How do you evaluate an extra-miles lease deal?
The first step in evaluating an extra-miles lease deal is to request numbers from a dealership. They can provide you with the monthly payments for a standard lease and an extra miles lease.
You can determine which option is more cost-effective for you based on your anticipated mileage. An extra-miles lease has both advantages and disadvantages. Among the benefits are:
- Reduced cost per mile
- Pay for your miles in cash
If you need more miles as part of your lease agreement, these extra miles are less expensive. If you drive frequently, this option could save you money. Some lease agreements allow you to pay for your miles as you go, ensuring that you are not overcharged. Many lenders will allow you to pay for your extra miles in cash as part of your down payment. They can even reimburse you for unused miles.
However, if drivers drive their leased vehicle past the warranty period, they must pay for repairs out of pocket. If the warranty expires, drivers may be required to pay for repairs on a vehicle they do not own.
Consider how many miles you drive when deciding whether or not a high mileage lease is right for you. If you believe you will exceed the mileage limit on a standard lease, this may be the best option for you.
High-mileage leases and extended warranties
Another thing to think about is purchasing an extended warranty for your new or recently leased car. Assume you sign a three-year, high-mileage lease on a brand-new vehicle with a three-year, 36,000-mile warranty.
That equates to 12,000 miles per year, which means that if you plan to drive your vehicle more than that—which is what a high-mileage lease is for—you will have some time during the latter stages of your lease when the vehicle is out of warranty.
That means you’ll be responsible for any additional repair and maintenance costs, which could add up given the vehicle’s high mileage by then. It’s a compelling reason to pay for the extended warranty upfront.
Not sure if a high-mileage lease is for you? Consider these alternatives.
When you lease, you’re primarily paying for depreciation, which can quickly add up if you drive frequently. If you travel or commute frequently in your car, you may want to avoid leasing altogether. Instead, consider purchasing the car and driving it until you’ve built up some equity.
Buy the car instead
Even if you know you’ll need a new car in a few years, buying may be a more cost-effective option than leasing.
For example, suppose you expect to drive your car 20,000 miles per year and the high-mileage lease would cost you an extra $6,000 over the life of the lease. Use Kelley Blue Book’s car value calculator to see how those miles may affect the car’s depreciation. If the additional depreciation is less than $6,000, the high-mileage lease is too expensive.

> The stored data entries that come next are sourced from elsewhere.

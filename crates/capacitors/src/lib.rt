//! The capacitors of a power grid: where their two ends stand, and how large they are.
#![tactic(auto)]

/// Where an end of a capacitor stands.
#[derive(Clone, Copy, Debug, PartialEq, Eq)]
pub enum End {
    /// At a node, which is given by its number.
    Node(u32),
    /// At ground, which is the name `0`.
    Ground,
    /// At a name that no resistor, source or load has.
    Nowhere,
}

/// A capacitor between two ends.
#[derive(Clone, Copy, Debug, PartialEq, Eq)]
pub struct Cap {
    pub a: End,
    pub b: End,
    /// The capacitance, in 10^-24 farads: from 0 to 10^30.
    pub farads: i128,
}
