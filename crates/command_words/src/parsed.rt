//! The parse of the words by clap.
ghost use Rattle.std.specs.Prelude.{◌≡◌, ◌≢◌, [], IfOk, Err, false};
ghost use Rattle.clap.specs.Words.{app_of, fault_of, found_of, matches_of, rows_of, rule_of};
ghost use Rattle.command_words.specs.inside.Parsed.{app, asked, names};
ghost use Rattle.command_words.specs.inside.Split.{texts};

use crate::command::WordsError;
use crate::table::{CommandText, OptionText};
use clap::error::ErrorKind;
use clap::{Arg, ArgAction, ArgMatches, Command};
use std::alloc::{AllocError, Global};

/// What help says of the options together.
const HOW: &str =
    "Each option is given once, in any order, as --option VALUE or --option=VALUE. A value is not{n}empty, does not begin with - and has no line feed in it. The files that are written have different{n}names.";

/// The argument of clap for an option: it is required, with one value.
fn arg_for<'a>(alloc: Global, option: &OptionText) -> Arg<'a>
    ensures rule { rule_of result ≡ asked option.now.name.now }
    ensures local { result.global ≡ false }
{
    Arg::new(alloc, option.name)
        .long(option.name)
        .value_name(option.value)
        .help(option.help)
        .required(true)
        .action(ArgAction::Set)
}

/// The command of clap with these options.
pub(crate) fn command_for<'a>(alloc: Global, text: &CommandText) -> Result<Command<'a>, AllocError>
    ensures { IfOk result (λ command. app_of command ≡ app text.now.name.now (names text.now.options.now)) }
{
    let mut command = Command::new(alloc, text.name)
        .about(text.about)
        .after_help(HOW)
        .no_binary_name(true)
        .disable_help_flag(true);
    for option in text.options {
        command = command.arg(arg_for(alloc, option))?;
    }
    Ok(command)
}

/// What the parse of the words matches.
pub(crate) fn matches_for<'a>(
    alloc: Global,
    text: &CommandText,
    words: &'a [&'a str],
) -> Result<ArgMatches<'a>, WordsError>
    ensures taken { IfOk result (λ matches. fault_of (app text.now.name.now (names text.now.options.now)) (texts words.now) ≡ []) }
    ensures rows { IfOk result (λ matches. rows_of (found_of matches) ≡ matches_of (app text.now.name.now (names text.now.options.now)) (texts words.now)) }
    ensures usage { result ≡ Err WordsError.Usage → fault_of (app text.now.name.now (names text.now.options.now)) (texts words.now) ≢ [] }
{
    let Ok(command) = command_for(alloc, text) else {
        return Err(WordsError::Want);
    };
    match command.try_get_matches_from(words) {
        Ok(matches) => Ok(matches),
        Err(error) => {
            if error.kind() == ErrorKind::OutOfMemory {
                Err(WordsError::Want)
            } else {
                Err(WordsError::Usage)
            }
        }
    }
}
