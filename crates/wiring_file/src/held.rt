//! What has been read of a wiring.
ghost use Rattle.std.specs.Prelude.{[], IfOk};
ghost use Rattle.wiring_file.specs.inside.Held.{Holds};

use crate::record::{PlaceText, ViaText, WireText};
use crate::section::Section;
use outside::Name;
use std::alloc::{AllocError, Global};

/// What the units so far say, and where the next one stands.
#[derive(Drop)]
pub(crate) struct Held {
    pub(crate) alloc: Global,
    pub(crate) section: Section,
    /// How many entries the open list has by its head.
    pub(crate) count: u64,
    /// How many entries of it there were.
    pub(crate) entries: u64,
    /// The net that is open.
    pub(crate) net: Name,
    /// Whether a line with a via of it was read.
    pub(crate) placed: bool,
    pub(crate) vias: Vec<ViaText>,
    pub(crate) wires: Vec<WireText>,
    pub(crate) places: Vec<PlaceText>,
}

impl Held {
    /// No units yet.
    pub(crate) fn new(alloc: Global) -> Result<Held, AllocError>
        ensures { IfOk result (λ held. Holds [] held) }
    {
        Ok(Held {
            alloc,
            section: Section::Version,
            count: 0,
            entries: 0,
            net: Name::new(alloc, b"")?,
            placed: false,
            vias: Vec::new(alloc),
            wires: Vec::new(alloc),
            places: Vec::new(alloc),
        })
    }
}
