//! Help: what clap makes of the table of commands.
use crate::parsed::command_for;
use crate::table::{COMMANDS, CommandText};
use clap::Command;
use std::alloc::{AllocError, Global};

/// What help says of all commands.
const LIMITS: &str =
    "A file that is read has at most 2^28 bytes. Each command prints one line and ends with a status.";

/// The help of `pdn`: its commands.
pub fn program_help(alloc: Global) -> Result<String, AllocError> {
    let mut program = Command::new(alloc, "pdn")
        .about("Power grid builder with certified IR-drop sign-off")
        .after_help(LIMITS)
        .subcommand_required(true)
        .disable_help_flag(true)
        .disable_help_subcommand(true);
    for text in &COMMANDS {
        let command = Command::new(alloc, text.word).about(text.about);
        program = program.subcommand(command)?;
    }
    program.render_help()
}

/// The help of a command: its options.
pub fn command_help(alloc: Global, text: &CommandText) -> Result<String, AllocError> {
    let mut command = command_for(alloc, text)?;
    command.render_help()
}
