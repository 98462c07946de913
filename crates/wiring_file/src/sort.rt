ghost use Rattle.std.specs.Prelude.{◌≡◌};
ghost use Rattle.wiring_file.specs.Sort.{number_of, all_sorts, sort_of_text, sort_of_quoted, sort_of, listed, few, the};
ghost use Rattle.reading.specs.Word.{token};

use reading::{Form, Numbered, Word, keyword_or};

/// What a word of a written wiring is, wherever it stands.
#[derive(Clone, Copy, Debug)]
pub(crate) enum Sort {
    /// `;`
    Semicolon,
    /// `(`
    Open,
    /// `)`
    Close,
    /// `+`
    Plus,
    /// `-`
    Minus,
    /// `VERSION`
    Version,
    /// `5.8`
    Edition,
    /// `DIVIDERCHAR`
    DividerChar,
    /// `BUSBITCHARS`
    BusBitChars,
    /// `DESIGN`
    Design,
    /// `UNITS`
    Units,
    /// `DISTANCE`
    Distance,
    /// `MICRONS`
    Microns,
    /// `DIEAREA`
    DieArea,
    /// `VIAS`
    Vias,
    /// `VIARULE`
    ViaRule,
    /// `CUTSIZE`
    CutSize,
    /// `LAYERS`
    Layers,
    /// `CUTSPACING`
    CutSpacing,
    /// `ENCLOSURE`
    Enclosure,
    /// `ROWCOL`
    RowCol,
    /// `END`
    End,
    /// `SPECIALNETS`
    SpecialNets,
    /// `USE`
    Use,
    /// `POWER` or `GROUND`
    Supply,
    /// `ROUTED`
    Routed,
    /// `NEW`
    New,
    /// `SHAPE`
    Shape,
    /// `STRIPE`
    Stripe,
    /// `RING` or `FOLLOWPIN`
    Drawn,
    /// `"/"`
    Slash,
    /// `"[]"`
    Brackets,
    /// Any other quoted word.
    Quoted,
    /// Any other word.
    Other,
    /// The end of the text.
    TextEnd,
}

impl Numbered for Sort {
    ghost number = { number_of };

    ghost all = { all_sorts };

    fn number(self) -> usize {
        self as usize
    }

    ghost listed = { listed };

    ghost few = { few };
}

/// The sort of a word.
pub(crate) fn sort_of(word: &Word<'_>) -> Sort
    ensures { result ≡ sort_of (token word.now) }
{
    match word.form {
        Form::Bare => sort_of_text(word.text),
        Form::Quoted => sort_of_quoted(word.text),
        Form::End => Sort::TextEnd,
        _ => Sort::Other,
    }
}

/// Whether the sort is this one.
pub(crate) fn is_the(this: Sort, sort: Sort) -> bool
    ensures { result ≡ the this sort }
{
    sort.number() == this.number()
}

/// The sort of a bare word.
fn sort_of_text(text: &[u8]) -> Sort
    ensures { result ≡ sort_of_text text.now }
{
    keyword_or!(text;
        b";" => Sort::Semicolon, b"(" => Sort::Open, b")" => Sort::Close, b"+" => Sort::Plus, b"-" => Sort::Minus,
        b"VERSION" => Sort::Version, b"5.8" => Sort::Edition, b"DIVIDERCHAR" => Sort::DividerChar,
        b"BUSBITCHARS" => Sort::BusBitChars, b"DESIGN" => Sort::Design, b"UNITS" => Sort::Units,
        b"DISTANCE" => Sort::Distance, b"MICRONS" => Sort::Microns, b"DIEAREA" => Sort::DieArea, b"VIAS" => Sort::Vias,
        b"VIARULE" => Sort::ViaRule, b"CUTSIZE" => Sort::CutSize, b"LAYERS" => Sort::Layers,
        b"CUTSPACING" => Sort::CutSpacing, b"ENCLOSURE" => Sort::Enclosure, b"ROWCOL" => Sort::RowCol,
        b"END" => Sort::End, b"SPECIALNETS" => Sort::SpecialNets, b"USE" => Sort::Use, b"POWER" => Sort::Supply,
        b"GROUND" => Sort::Supply, b"ROUTED" => Sort::Routed, b"NEW" => Sort::New, b"SHAPE" => Sort::Shape,
        b"STRIPE" => Sort::Stripe, b"RING" => Sort::Drawn, b"FOLLOWPIN" => Sort::Drawn;
        Sort::Other)
}

/// The sort of a quoted word.
fn sort_of_quoted(text: &[u8]) -> Sort
    ensures { result ≡ sort_of_quoted text.now }
{
    keyword_or!(text; b"/" => Sort::Slash, b"[]" => Sort::Brackets; Sort::Quoted)
}
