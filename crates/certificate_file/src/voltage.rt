//! The voltages of a certificate.
ghost use Rattle.std.specs.Prelude.{◌≡◌, ◌≤◌, ◌<◌, ◌^◌, ◌++◌, [], IfSome, Ok, length, codes, if◌then◌else◌};
ghost use Rattle.std.specs.Str.Parse.{AllDigits, IsNumeral, digits_value};
ghost use Rattle.fixed_decimal.specs.Value.{signed};
ghost use Rattle.certificate_file.specs.Voltage.{IsVoltage};

use fixed_decimal::{DecimalError, read_integer};

/// The greatest magnitude of a voltage in a certificate, in yV.
pub const VOLTAGE_LIMIT: u128 = 10_000_000_000_000_000_000_000_000_000_000_000_000;

/// 10^18, the weight of the digits before the last 18.
const FRONT_WEIGHT: u128 = 1_000_000_000_000_000_000;

/// Numbers of at most so many digits are within the limit.
const SHORT: usize = 37;

/// The number that at most 19 digits write, or `None` where another byte stands among them.
fn digits_number(digits: &[u8]) -> Option<u64>
    requires { length digits.now ≤ 19 }
    ensures all { IfSome result (λ number. AllDigits 10 digits.now) }
    ensures number { IfSome result (λ number. number ≡ digits_value 10 digits.now) }
{
    let mut number = 0u64;
    for byte in digits {
        if !byte.is_ascii_digit() {
            return None;
        }
        number = number * 10 + u64::from(*byte - b'0');
    }
    Some(number)
}

/// The number that at most 37 digits write, or `None` where there are none or more, or another byte stands among them.
fn short_number(digits: &[u8]) -> Option<u128>
    ensures numeral { IfSome result (λ number. IsNumeral 10 digits.now) }
    ensures number { IfSome result (λ number. number ≡ digits_value 10 digits.now) }
    ensures short { IfSome result (λ number. length digits.now ≤ 37) }
{
    if digits.is_empty() || digits.len() > SHORT {
        return None;
    }
    let at = digits.len().saturating_sub(18);
    let front = digits_number(&digits[..at])?;
    let back = digits_number(&digits[at..])?;
    Some(u128::from(front) * FRONT_WEIGHT + u128::from(back))
}

/// Whether the text begins with a minus, and what follows it.
fn sign_and_digits(text: &[u8]) -> (bool, &[u8])
    ensures { text.now ≡ (if result.0 then codes "-" else []) ++ result.1.now }
{
    match text {
        [b'-', digits @ ..] => (true, digits),
        _ => (false, text),
    }
}

/// The number with its sign.
fn signed(negative: bool, number: u128) -> i128
    requires { number < 10 ^ 37 }
    ensures { result ≡ signed negative number }
{
    if negative {
        -(number as i128)
    } else {
        number as i128
    }
}

/// The voltage that a word of at most 37 digits stands for. It is mostly this one.
fn short_voltage(text: &[u8]) -> Option<i128>
    ensures { IfSome result (λ value. IsVoltage text.now (Ok value)) }
{
    let (negative, digits) = sign_and_digits(text);
    let number = short_number(digits)?;
    Some(signed(negative, number))
}

/// The voltage that a word stands for, in yV: a `-` or none, and digits.
pub(crate) fn voltage(text: &[u8]) -> Result<i128, DecimalError>
    ensures { IsVoltage text.now result }
{
    match short_voltage(text) {
        Some(value) => Ok(value),
        None => read_integer(text, VOLTAGE_LIMIT),
    }
}
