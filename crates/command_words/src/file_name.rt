//! The names of files.
ghost use Rattle.std.specs.Prelude.{◌≡◌, ℕ, List, IfOk, IfErr, string_bytes};

use crate::command::WordsError;
use std::alloc::{AllocError, Global};
use std::marker::Model;

/// The name of a file, as it stands in the words. Contracts see its bytes.
#[derive(Drop)]
pub struct FileName {
    text: String,
}

impl Model for FileName {
    ghost Value = { List ℕ };

    ghost view = { λ name. string_bytes name.text };
}

impl FileName {
    /// A copy of the word.
    pub fn new(alloc: Global, word: &str) -> Result<FileName, AllocError>
        ensures { IfOk result (λ name. name ≡ word.now) }
    {
        let text = String::from_str(alloc, word)?;
        Ok(FileName { text })
    }

    /// A copy of the word, in a command.
    pub(crate) fn of(alloc: Global, word: &str) -> Result<FileName, WordsError>
        ensures name { IfOk result (λ name. name ≡ word.now) }
        ensures want { IfErr result (λ error. error ≡ WordsError.Want) }
    {
        match FileName::new(alloc, word) {
            Ok(name) => Ok(name),
            Err(_) => Err(WordsError::Want),
        }
    }

    /// The name as text.
    pub fn as_str(&self) -> &str
        ensures { result.now ≡ self.now }
    {
        self.text.as_str()
    }
}
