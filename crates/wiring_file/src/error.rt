ghost use Rattle.wiring_file.specs.Format.{kinds};

use fixed_decimal::DecimalError;
use reading::{ErrorKind, ReadError};
use text_lex::LexKind;

/// Why a wiring is refused, and at which word.
pub type WiringError = ReadError<WiringKind>;

/// What is wrong with the word. Of two kinds at one word the one that stands earlier here is told.
#[derive(Clone, Copy, Debug, PartialEq, Eq)]
pub enum WiringKind {
    /// With this word the words so far begin no written wiring.
    Syntax,
    /// The word is a `"` that is closed nowhere.
    BadString,
    /// The word is no whole number, or one beyond 2^61 in magnitude.
    Number(DecimalError),
    /// There was not enough memory.
    Want,
}

impl ErrorKind for WiringKind {
    ghost kinds = { kinds };

    fn syntax() -> WiringKind {
        WiringKind::Syntax
    }

    fn want() -> WiringKind {
        WiringKind::Want
    }

    fn word(_kind: LexKind) -> WiringKind {
        WiringKind::BadString
    }
}
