//! The lines of a certificate, as rules.
ghost use Rattle.certificate_file.specs.Sort.{number_of};
ghost use Rattle.certificate_file.specs.Rule.{pattern};
ghost use Rattle.reading.specs.Rule.{IsRule};

use crate::section::Section;
use crate::sort::Sort;
use reading::Rule;

/// A name is any word, also `end` or `;`.
const NAME: Rule<'static, Sort> = Rule::Other(&[Sort::LineEnd, Sort::TextEnd]);

/// In the place of a number stands any word but `;`, `(` and `)`.
const NUMBER: Rule<'static, Sort> = Rule::Other(&[Sort::Mark, Sort::LineEnd, Sort::TextEnd]);

const LINE_END: Rule<'static, Sort> = Rule::One(&[Sort::LineEnd]);

/// The last line may lack its line feed.
const END: Rule<'static, Sort> = Rule::One(&[Sort::LineEnd, Sort::TextEnd]);

/// `pdn certificate 1`.
const HEAD_LINE: Rule<'static, Sort> = Rule::Then(
    &Rule::One(&[Sort::Pdn]),
    &Rule::Then(
        &Rule::One(&[Sort::Certificate]),
        &Rule::Then(&Rule::One(&[Sort::Version]), &LINE_END),
    ),
);

/// `NAME HIGH LOW`.
const ROW_LINE: Rule<'static, Sort> = Rule::Then(
    &NAME,
    &Rule::Then(&NUMBER, &Rule::Then(&NUMBER, &LINE_END)),
);

/// `end`.
const END_LINE: Rule<'static, Sort> = Rule::Then(&Rule::One(&[Sort::Last]), &END);

/// The units of a section.
pub(crate) fn rule(section: Section) -> Rule<'static, Sort>
    ensures { IsRule number_of result (pattern section) }
{
    match section {
        Section::Head => HEAD_LINE,
        Section::Row => ROW_LINE,
        Section::Close => END_LINE,
        Section::Ended => END,
    }
}
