ghost use Rattle.std.specs.Prelude.{◌≡◌, ◌++◌, IfOk, OnOk, length, codes, ◌<◌, slice_index_or, pos};
ghost use Rattle.fixed_decimal.specs.Printed.{printed};
ghost use Rattle.certificate_file.specs.Written.{row_text, certificate_text};

use fixed_decimal::print;
use outside::Name;
use std::alloc::{AllocError, Global};

/// Adds a blank and a voltage.
fn write_voltage(text: &mut Vec<u8>, voltage: i128) -> Result<(), AllocError>
    ensures { OnOk result (text.new.items ≡ text.old.items ++ (codes " " ++ printed voltage 0)) }
{
    text.push(b' ')?;
    print(text, voltage, 0)?;
    Ok(())
}

/// Adds the line of a node.
fn write_row(text: &mut Vec<u8>, name: &Name, high: i128, low: i128) -> Result<(), AllocError>
    ensures { OnOk result (text.new.items ≡ text.old.items ++ row_text name.now high low) }
{
    text.extend_from_slice(name.bytes())?;
    write_voltage(text, high)?;
    write_voltage(text, low)?;
    text.push(b'\n')?;
    Ok(())
}

/// The voltage of a node in a list.
fn voltage_of(voltages: &[i128], node: usize) -> i128
    requires { node < length voltages.now }
    ensures { result ≡ slice_index_or voltages.now node (pos 0) }
{
    voltages[node]
}

/// Writes the certificate of the nodes with these names: for each node its high and its low voltage in yV.
///
/// It fails only for want of memory.
pub fn certificate_text(
    alloc: Global,
    names: &[Name],
    high: &[i128],
    low: &[i128],
) -> Result<Vec<u8>, AllocError>
    requires high { length high.now ≡ length names.now }
    requires low { length low.now ≡ length names.now }
    ensures { IfOk result (λ text. text.items ≡ certificate_text names.now high.now low.now) }
{
    let mut text = Vec::new(alloc);
    text.extend_from_slice(b"pdn certificate 1\n")?;
    for (node, name) in names.iter().enumerate() {
        write_row(
            &mut text,
            name,
            voltage_of(high, node),
            voltage_of(low, node),
        )?;
    }
    text.extend_from_slice(b"end\n")?;
    Ok(text)
}
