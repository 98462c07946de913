//! What the words of a unit say, or the faults that they show.
ghost use Rattle.std.specs.Prelude.{◌≡◌, ◌≢◌, ◌↔◌, ◌⊎◌, ◌∷◌, ◌++◌, [], pos, true, false, List, Ok, length, map, IsTrue};
ghost use Rattle.number_place.specs.Place.{IsNumberAt};
ghost use Rattle.reading.specs.Fault.{FindsValue};
ghost use Rattle.reading.specs.Grammar.{AreHeard};
ghost use Rattle.reading.specs.Word.{Token, token, heard_token};
ghost use Rattle.wiring_file.specs.declared.section.Section.TheVariants as sections;
ghost use Rattle.wiring_file.specs.Fault.{kind_of, IsRefusedAs, IsFlat, IsUnfitLine, IsUnfit, LastFault};
ghost use Rattle.wiring_file.specs.Number.{place_of};
ghost use Rattle.wiring_file.specs.Sort.{the, sort_of};
ghost use Rattle.wiring_file.specs.Standing.{standing};
ghost use Rattle.wiring_file.specs.inside.Held.{Holds};
ghost use Rattle.wiring_file.specs.inside.Value.{IsRefusedAt, SaysAt, says};

use crate::error::WiringKind;
use crate::held::Held;
use crate::number::{Quantity, number_at, read_number};
use crate::section::Section;
use crate::sort::{Sort, is_the};
use crate::unit::value_at;
use fixed_decimal::DecimalError;
use number_place::{Refused, texts_have_one_number};
use reading::{Heard, Word};

/// The kind of a number that is refused.
fn kind_of(quantity: Quantity, refused: Refused) -> WiringKind
    ensures { result ≡ kind_of quantity refused }
{
    match (quantity, refused) {
        (_, Refused::Syntax) => WiringKind::Syntax,
        (Quantity::Microns, Refused::Number(DecimalError::Range)) => WiringKind::Syntax,
        (_, Refused::Number(error)) => WiringKind::Number(error),
    }
}

/// The number of this kind that the text is, or why it is refused.
fn number_of(quantity: Quantity, text: &[u8]) -> Result<i64, WiringKind>
    ensures { FindsValue (IsRefusedAs quantity text.now)
        (λ value. IsNumberAt (place_of quantity) text.now (Ok value)) result }
{
    match read_number(quantity, text) {
        Ok(value) => Ok(value),
        Err(refused) => Err(kind_of(quantity, refused)),
    }
}

/// What the word says that has n words of a unit of the section before it: its number, or 0 where none stands there; or
/// why it is refused.
fn number_in(section: Section, n: usize, text: &[u8]) -> Result<i64, WiringKind>
    ensures { FindsValue (IsRefusedAt section n text.now) (SaysAt section n text.now) result }
{
    match number_at(section, n) {
        Some(quantity) => number_of(quantity, text),
        None => Ok(0),
    }
}

/// Whether the corners of the die have a coordinate in common.
fn is_flat(before: &[Heard<'_, i64>]) -> bool
    ensures { AreHeard (says sections.Die) [] before.now → length before.now ≡ 9 → (word : Token) →
        IsTrue result ↔ IsFlat (map heard_token before.now ++ word ∷ []) }
{
    texts_have_one_number();
    let x1 = value_at(2, before);
    let y1 = value_at(3, before);
    let x2 = value_at(6, before);
    let y2 = value_at(7, before);
    have_one(x1, y1, x2, y2)
}

/// Whether two points have a coordinate in common.
fn have_one(x1: i64, y1: i64, x2: i64, y2: i64) -> bool
    ensures { IsTrue result ↔ ((x1 ≡ x2) ⊎ (y1 ≡ y2)) }
{
    x1 == x2 || y1 == y2
}

/// Whether an entry is one too many, or the list ends with too few.
fn is_miscounted(count: u64, entries: u64, entry: bool) -> bool
    ensures { IsTrue result ↔ (((entry ≡ true) × (count ≡ entries)) ⊎ ((entry ≡ false) × (count ≢ entries))) }
{
    if entry {
        count == entries
    } else {
        count != entries
    }
}

/// Whether a line has a width after a line of its net that has a via.
fn has_late_width(placed: bool, width: i64) -> bool
    ensures { IsTrue result ↔ ((placed ≡ true) × (width ≢ pos 0)) }
{
    placed && width != 0
}

/// Whether a line without a width has another shape than STRIPE.
fn has_other_shape(width: i64, shape: Sort) -> bool
    ensures { IsTrue result ↔ ((width ≡ pos 0) × (the Sort.Stripe shape ≡ false)) }
{
    width == 0 && !is_the(Sort::Stripe, shape)
}

/// Whether a line without a width goes to another point, or one with a width has a via.
fn has_other_end(width: i64, end: Sort) -> bool
    ensures { IsTrue result ↔ (((width ≡ pos 0) × (the Sort.Open end ≡ true))
        ⊎ ((width ≢ pos 0) × (the Sort.Open end ≡ false))) }
{
    if is_the(Sort::Open, end) {
        width == 0
    } else {
        width != 0
    }
}

/// Whether the last word of a line, which has this sort and says this number, does not fit what stands before it.
fn is_unfit_line(placed: bool, before: &[Heard<'_, i64>], sort: Sort, value: i64) -> bool
    ensures { AreHeard (says sections.Line) [] before.now → (word : Token) → sort ≡ sort_of word →
        SaysAt sections.Line (length before.now) word.text value →
        IsTrue result ↔ IsUnfitLine placed (map heard_token before.now ++ word ∷ []) }
{
    texts_have_one_number();
    match before.len() {
        1 => has_late_width(placed, value),
        4 => has_other_shape(value_at(1, before), sort),
        9 => has_other_end(value_at(1, before), sort),
        _ => false,
    }
}

/// Whether the last word, which has this sort and says this number, does not fit what stands before it.
fn is_unfit(said: &Held, before: &[Heard<'_, i64>], sort: Sort, value: i64) -> bool
    ensures { (units : List (List Token)) → Holds units said.now →
        AreHeard (says said.now.section) [] before.now → (word : Token) → sort ≡ sort_of word →
        SaysAt said.now.section (length before.now) word.text value →
        IsTrue result ↔ IsUnfit said.now.section (standing units) (map heard_token before.now ++ word ∷ []) }
{
    texts_have_one_number();
    match said.section {
        Section::Die => before.len() == 9 && is_flat(before),
        Section::Vias => is_begun_badly(said, before, sort),
        Section::Nets => is_begun_badly(said, before, sort),
        Section::Line => is_unfit_line(said.placed, before, sort, value),
        _ => false,
    }
}

/// Whether the first word of an entry or of the end of the list is refused for the count of the list.
fn is_begun_badly(said: &Held, before: &[Heard<'_, i64>], sort: Sort) -> bool
    ensures { IsTrue result ↔ ((length before.now ≡ 0)
        × (((the Sort.Minus sort ≡ true) × (said.now.count ≡ said.now.entries))
        ⊎ ((the Sort.Minus sort ≡ false) × (said.now.count ≢ said.now.entries)))) }
{
    before.is_empty() && is_miscounted(said.count, said.entries, is_the(Sort::Minus, sort))
}

/// What the last word says, which has this sort, or why it is refused.
pub(crate) fn last_value(
    said: &Held,
    before: &[Heard<'_, i64>],
    word: &Word<'_>,
    sort: Sort,
) -> Result<i64, WiringKind>
    ensures { (units : List (List Token)) → Holds units said.now →
        AreHeard (says (standing units).section) [] before.now → sort ≡ sort_of (token word.now) →
        FindsValue (LastFault (standing units) (map heard_token before.now ++ token word.now ∷ []))
        (says (standing units).section (map heard_token before.now ++ token word.now ∷ [])) result }
{
    let value = number_in(said.section, before.len(), word.text)?;
    if is_unfit(said, before, sort, value) {
        return Err(WiringKind::Syntax);
    }
    Ok(value)
}
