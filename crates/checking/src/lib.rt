// The check of anybody's weights (document 01, "Weights from anybody").
#![tactic(auto)]

ghost use Rattle.std.specs.Prelude.{◌≡◌, ◌≤◌, true, length};
ghost use Rattle.geometry.specs.Table.{rows_within};
ghost use Rattle.limits.specs.Limits.{total, row_limit};
ghost use Rattle.geometry.specs.Places.{weights_total};
ghost use Rattle.checking.specs.Check.{checking, checked_outcome};
ghost use Rattle.checking.specs.Clauses.{CheckPromise};

use ball::{Ball, ball_of};
use figures::centre;
use figures::table::rows_within;
use limits::TOTAL;
use moves::step::pair_of;
use refusal::{Kind, Refusal};

// The sum of the first m weights.
fn weights_total(weights: &[u32], m: usize) -> u64
    requires { (m ≤ row_limit) × (m ≤ length weights.now) }
    ensures { result ≡ weights_total m weights.now }
{
    let mut sum: u64 = 0;
    for i in 0..m {
        sum += weights[i] as u64;
    }
    sum
}

// The check of weights for rows that are known to be within limits. Refused: 8 for a list that is not of m places, then 12.
pub fn check_weights(rows: &[i32], m: usize, n: usize, weights: &[u32]) -> Result<Ball, Refusal>
    requires { rows_within row_limit rows.now m n ≡ true }
    ensures { checked_outcome result ≡ checking total row_limit rows.now m n weights.now }
{
    if weights.len() != m {
        return Err(Kind::OutsideLimits.into());
    }
    if weights_total(weights, m) != (TOTAL as u64) {
        return Err(Kind::Disagreement.into());
    }
    let scaled_centre = centre::scaled_centre(rows, m, n, weights);
    let pair = pair_of(rows, m, n, weights, &scaled_centre);
    Ok(ball_of(rows, m, n, weights, scaled_centre, pair))
}

// The figures of the weights that the caller lends, one for each of the first m rows of n channels. Refused: 8, then 12.
pub fn check(rows: &[i32], m: usize, n: usize, weights: &[u32]) -> Result<Ball, Refusal>
    ensures { CheckPromise rows.now m n weights.now (checked_outcome result) }
{
    if !rows_within(rows, m, n) {
        return Err(Kind::OutsideLimits.into());
    }
    check_weights(rows, m, n, weights)
}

In this case, you might be better off financing the car and setting aside money each month to cover the difference between what your car is worth at trade-in and what you owe.
Purchase your car lease
Your lease contract may include an option to purchase your vehicle from the dealership at the end of the lease. In that case, if you’ve accidentally driven more miles than you were permitted, you can avoid paying excess mileage fees by purchasing your vehicle outright.
Of course, if you’re dead set on getting a new car, this won’t work. However, if you fall in love with the vehicle during the term of your lease, you’ll get the added benefit of avoiding expensive mileage charges while keeping the car you really want.
Consider whether the lease fits your budget and lifestyle before signing it. Consider how many miles you drive in a typical year, how frequently you think you’d like to buy a new car, and how much monthly payment you can afford.
After considering all the factors, you may decide that a high-mileage lease is a good option. Make sure, as with any financing decision, that you shop around for the best deal.